Saved entries:
┄┄┄┄┄┄┄┄┄┄
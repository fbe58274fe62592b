//! Whether two books keep the same.

use history_book::Book;
use std::alloc::AllocError;

fn same_commits(book: &Book<'_>, other: &Book<'_>) -> bool {
    let count = book.commits();
    count == other.commits()
        && (1..=count).all(|number| match (book.nth_commit(number), other.nth_commit(number)) {
            (Some(row), Some(other)) => row.is_same(other),
            _ => false,
        })
}

fn same_endings(book: &Book<'_>, other: &Book<'_>) -> bool {
    let (endings, others) = (book.endings(), other.endings());
    endings.len() == others.len()
        && endings
            .iter()
            .zip(others)
            .all(|(ending, other)| ending.is_same(other))
}

/// Whether both have the same rows behind all commits.
pub fn have_same_rows(book: &Book<'_>, other: &Book<'_>) -> Result<bool, AllocError> {
    let rows = book.table()?;
    let others = other.table()?;
    Ok(rows.is_same(&others))
}

/// Whether both have the same history, the same endings and the same rows.
pub fn keep_the_same(book: &Book<'_>, other: &Book<'_>) -> Result<bool, AllocError> {
    let same = same_commits(book, other) && same_endings(book, other);
    Ok(same && have_same_rows(book, other)?)
}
┄┄┄┄┄┄┄┄┄┄
Could you return all lines from the records that include the word "AllocError"?

EXERCISE ANSWER |
use std::alloc::AllocError;
pub fn have_same_rows(book: &Book<'_>, other: &Book<'_>) -> Result<bool, AllocError> {
pub fn keep_the_same(book: &Book<'_>, other: &Book<'_>) -> Result<bool, AllocError> {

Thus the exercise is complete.